“因为去年的那一场大雪,南蛮的情况相当严重,已经抢杀好几次。”
“好在有外祖父保护那儿的百姓,才不至于死伤太多。”
“他们还没个像诸寻桃一样的人物替他们挽回损失,所以抢杀都不能让他们维持生计。”
等真得撑不下去了,与其等死,南蛮必然会像诸寻桃说的那样,侵略大雍朝疆土。
所以,诸寻桃做的好事越多,越保大雍朝的平安,南蛮自然会容不下诸寻桃,欲对诸寻桃除之而后快就一点都不奇怪了。
“未必。”
萧景湛的想法跟太子的不一样,
“南蛮的确有可疑,但是自已人的嫌疑同样不小。”
“怎么会,谁?”
太子的脸一黑,实在是不愿意承认大雍朝内还有人会想除掉诸寻桃这样的人物。
凭诸寻桃做的事,还想杀,而且是坚持更要杀了诸寻桃的人只怕是没心没肝的。
萧景湛提醒太子:“夭夭做的事情越是利国利民,稳固江山,那么太子你的地位自然是更不可动摇了。

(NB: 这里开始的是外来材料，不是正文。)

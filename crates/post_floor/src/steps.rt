//! The six steps of a seat: each reads or changes one word of the table, by one atomic operation.
//!
//! What a step reports of the seat's part is a type (`plays.rt`), in which a type `W` stands for
//! the part. A caller passes `Brand` for `W`, and its proof names the part.
ghost use Rattle.std.specs.Prelude.{◌≡◌, ◌≢◌, true, ◌<◌, [], ◌∷◌};
ghost use Rattle.shard_part.specs.Readings.{has_ended};
ghost use Rattle.post_floor.specs.Boxes.{box_count, dest, origin};
ghost use Rattle.post_floor.specs.Floor.{fill_claims, read_claims};
ghost use Rattle.post_floor.specs.Plays.{IsNextFill, IsNextRead, HasEmpty, FillStep, PublishStep, ReadStep, ClearStep, LookStep, AnnounceStep};
ghost use Rattle.post_floor.specs.Data.{IsSamePass, MakesStep, Publishing};

use crate::mailbox::{DONE, EMPTY, FILLING, FULL, READING};
use crate::plays::{Announce, Clear, Fill, Look, OfPart, Publish, Read};
use crate::table::{Mailboxes, Pass};
use path_algebra::PathAlgebra;
use shard_part::Part;

/// A mailbox that is empty is being filled.
pub(crate) fn fill_word<A: PathAlgebra, W: OfPart<A, A::Value>>(
    table: &Mailboxes<A>,
    pass: &mut Pass<A>,
    part: &Part<'_, A>,
    word: usize,
) -> u64
    requires step { MakesStep A.meaning table.now pass.old W.parts part.now }
    requires word { word < box_count table.now.key.plan.shards }
    requires next { IsNextFill table.now.key.plan.shards part.now.shard
        (dest table.now.key.plan.shards word) word pass.old.me.0 }
    ensures pass { IsSamePass pass.old pass.new }
    ensures told { FillStep A.meaning part.now word pass.old.me result pass.new.me }
{
    table.compare_exchange::<Fill<W>>(pass, word, EMPTY, FILLING)
}

/// A mailbox with the part's outbox in its slot is full.
pub(crate) fn publish_word<A: PathAlgebra, W: OfPart<A, A::Value>>(
    table: &Mailboxes<A>,
    pass: &mut Pass<A>,
    part: &Part<'_, A>,
    word: usize,
)
    requires told { W.parts ≡ part.now ∷ [] }
    requires batch { Publishing A.meaning table.now pass.old word part.now }
    requires claim { 0 < fill_claims word pass.old.me.0 }
    requires word { word < box_count table.now.key.plan.shards }
    requires next { IsNextFill table.now.key.plan.shards part.now.shard
        (dest table.now.key.plan.shards word) word pass.old.me.0 }
    requires other { dest table.now.key.plan.shards word ≢ part.now.shard }
    ensures pass { IsSamePass pass.old pass.new }
    ensures told { PublishStep A.meaning part.now word pass.old.me pass.new.me }
{
    table.store::<Publish<W>>(pass, word, FULL);
}

/// A mailbox that is full is being read.
pub(crate) fn read_word<A: PathAlgebra, W: OfPart<A, A::Value>>(
    table: &Mailboxes<A>,
    pass: &mut Pass<A>,
    part: &Part<'_, A>,
    word: usize,
) -> u64
    requires step { MakesStep A.meaning table.now pass.old W.parts part.now }
    requires word { word < box_count table.now.key.plan.shards }
    requires to { dest table.now.key.plan.shards word ≡ part.now.shard }
    requires from { origin table.now.key.plan.shards word ≢ part.now.shard }
    requires next { IsNextRead table.now.key.plan.shards (origin table.now.key.plan.shards word)
        part.now.shard word pass.old.me.0 }
    ensures pass { IsSamePass pass.old pass.new }
    ensures told { ReadStep A.meaning part.now word pass.old.me result pass.new.me }
{
    table.compare_exchange::<Read<W>>(pass, word, FULL, READING)
}

/// A mailbox whose slot is empty again is empty.
pub(crate) fn clear_word<A: PathAlgebra, W: OfPart<A, A::Value>>(
    table: &Mailboxes<A>,
    pass: &mut Pass<A>,
    part: &Part<'_, A>,
    word: usize,
)
    requires step { MakesStep A.meaning table.now pass.old W.parts part.now }
    requires slot { HasEmpty table.now.key word pass.old.me }
    requires claim { 0 < read_claims word pass.old.me.0 }
    requires word { word < box_count table.now.key.plan.shards }
    requires next { IsNextRead table.now.key.plan.shards (origin table.now.key.plan.shards word)
        part.now.shard word pass.old.me.0 }
    ensures pass { IsSamePass pass.old pass.new }
    ensures told { ClearStep A.meaning part.now word pass.old.me pass.new.me }
{
    table.store::<Clear<W>>(pass, word, EMPTY);
}

/// Reads the done word.
pub(crate) fn look_word<A: PathAlgebra, W: OfPart<A, A::Value>>(
    table: &Mailboxes<A>,
    pass: &mut Pass<A>,
    part: &Part<'_, A>,
    done: usize,
) -> u64
    requires step { MakesStep A.meaning table.now pass.old W.parts part.now }
    requires done { done ≡ box_count table.now.key.plan.shards }
    ensures pass { IsSamePass pass.old pass.new }
    ensures told { LookStep A.meaning part.now (box_count table.now.key.plan.shards) pass.old.me
        result pass.new.me }
{
    table.load::<Look<W>>(pass, done)
}

/// Announces the end in the done word.
pub(crate) fn announce_word<A: PathAlgebra, W: OfPart<A, A::Value>>(
    table: &Mailboxes<A>,
    pass: &mut Pass<A>,
    part: &Part<'_, A>,
    done: usize,
)
    requires step { MakesStep A.meaning table.now pass.old W.parts part.now }
    requires ended { has_ended part.now ≡ true }
    requires done { done ≡ box_count table.now.key.plan.shards }
    ensures pass { IsSamePass pass.old pass.new }
    ensures told { AnnounceStep A.meaning part.now (box_count table.now.key.plan.shards) pass.old.me
        pass.new.me }
{
    table.store::<Announce<W>>(pass, done, DONE);
}
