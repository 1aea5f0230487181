//! Mailboxes between the parts of a diffusion.
#![tactic(auto)]

mod claims;
mod close;
mod exchange;
mod floor;
mod hints;
pub mod laws;
mod mailbox;
mod open;
mod plays;
mod seat;
mod steps;
mod table;
mod view;

pub use close::Closed;
pub use floor::Floor;
pub use hints::{Advertised, HintSource, Limit, limit_by};
pub use seat::Seat;
pub use table::FloorRule;
pub use view::{View, WordStep};
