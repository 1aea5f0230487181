//! The words of the mailboxes and of the end, and the mailboxes by number.
ghost use Rattle.std.specs.Prelude.{◌≡◌, ◌<◌, ◌≤◌};
ghost use Rattle.post_floor.specs.Boxes.{slots_per_pair, box_count, mailbox, next_slot, IsBetween};

use shard_part::Shard;

/// The slot is empty.
pub(crate) const EMPTY: u64 = 0;

/// Its sender is filling it.
pub(crate) const FILLING: u64 = 1;

/// It has a batch.
pub(crate) const FULL: u64 = 2;

/// Its receiver is reading it.
pub(crate) const READING: u64 = 3;

/// The done word, once the end was announced.
pub(crate) const DONE: u64 = 1;

/// How many slots there are for each ordered pair of shards.
pub(crate) const SLOTS: usize = 4;

/// How many mailboxes there are between this many shards. It is also the number of the done word.
pub(crate) fn mailbox_count(shards: usize) -> usize
    requires { shards ≤ 64 }
    ensures { result ≡ box_count shards }
{
    shards * shards * SLOTS
}

/// The number of a mailbox.
#[tactic(auto, unfolding(crate::specs::Boxes::dest, crate::specs::Boxes::origin))]
pub(crate) fn word_of(shards: usize, from: Shard, to: Shard, slot: u8) -> usize
    requires { (shards ≤ 64) × (from < shards) × (to < shards) × (slot < slots_per_pair) }
    ensures number { result ≡ mailbox shards from to slot }
    ensures between { IsBetween shards from to result }
{
    (from.0 as usize * shards + to.0 as usize) * SLOTS + slot as usize
}

/// The slot after this one; after the last comes the first.
pub(crate) fn next_slot(slot: u8) -> u8
    requires { slot < slots_per_pair }
    ensures { result ≡ next_slot slot }
{
    if slot as usize + 1 == SLOTS {
        0
    } else {
        slot + 1
    }
}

”
他从来没有松懈过对其他皇子的注意,也不觉得,太子的储君做得再好,其他皇子就会放弃一争雌雄的野心。
那些皇子始终是他关注的点。
能对夭夭下如此狠手的人,除了南蛮之外,四皇子和五皇子不是没有嫌疑。
太子没有提这些人,那么只能由萧景湛来开这个头了。
“这……”
换作以前,尤其是还没认识诸寻桃的时候,太子不敢有一时半刻的放松,
对他的那些弟弟们,更是戒备不已,哪怕是年纪小的,都不敢太放心。